State the count of lines below featuring the word "trace", and write nothing further.
===
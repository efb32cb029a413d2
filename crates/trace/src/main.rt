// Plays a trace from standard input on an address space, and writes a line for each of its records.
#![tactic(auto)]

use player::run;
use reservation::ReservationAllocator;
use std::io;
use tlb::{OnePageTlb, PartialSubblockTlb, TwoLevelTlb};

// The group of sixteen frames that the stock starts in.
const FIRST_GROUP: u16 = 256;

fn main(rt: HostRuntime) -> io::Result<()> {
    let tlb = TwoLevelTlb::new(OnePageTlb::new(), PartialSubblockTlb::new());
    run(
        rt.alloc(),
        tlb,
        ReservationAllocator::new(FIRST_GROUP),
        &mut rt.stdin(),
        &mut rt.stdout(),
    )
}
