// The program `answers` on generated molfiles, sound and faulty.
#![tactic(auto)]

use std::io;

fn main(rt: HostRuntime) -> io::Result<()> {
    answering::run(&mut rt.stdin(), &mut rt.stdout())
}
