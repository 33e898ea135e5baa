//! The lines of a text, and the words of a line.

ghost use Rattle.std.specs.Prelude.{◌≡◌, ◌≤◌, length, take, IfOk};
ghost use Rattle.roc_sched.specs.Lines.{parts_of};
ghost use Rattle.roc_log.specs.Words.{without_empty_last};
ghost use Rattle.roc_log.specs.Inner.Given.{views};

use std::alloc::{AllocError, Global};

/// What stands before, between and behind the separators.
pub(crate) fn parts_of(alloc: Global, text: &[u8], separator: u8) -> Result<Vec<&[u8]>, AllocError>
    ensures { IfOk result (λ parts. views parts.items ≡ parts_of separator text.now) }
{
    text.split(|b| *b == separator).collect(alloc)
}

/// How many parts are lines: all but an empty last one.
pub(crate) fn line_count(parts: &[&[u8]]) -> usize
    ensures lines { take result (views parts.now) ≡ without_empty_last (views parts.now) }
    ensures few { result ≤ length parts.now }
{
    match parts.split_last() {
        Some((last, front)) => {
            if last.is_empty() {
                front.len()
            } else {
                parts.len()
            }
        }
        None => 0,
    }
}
===
Written solution –
2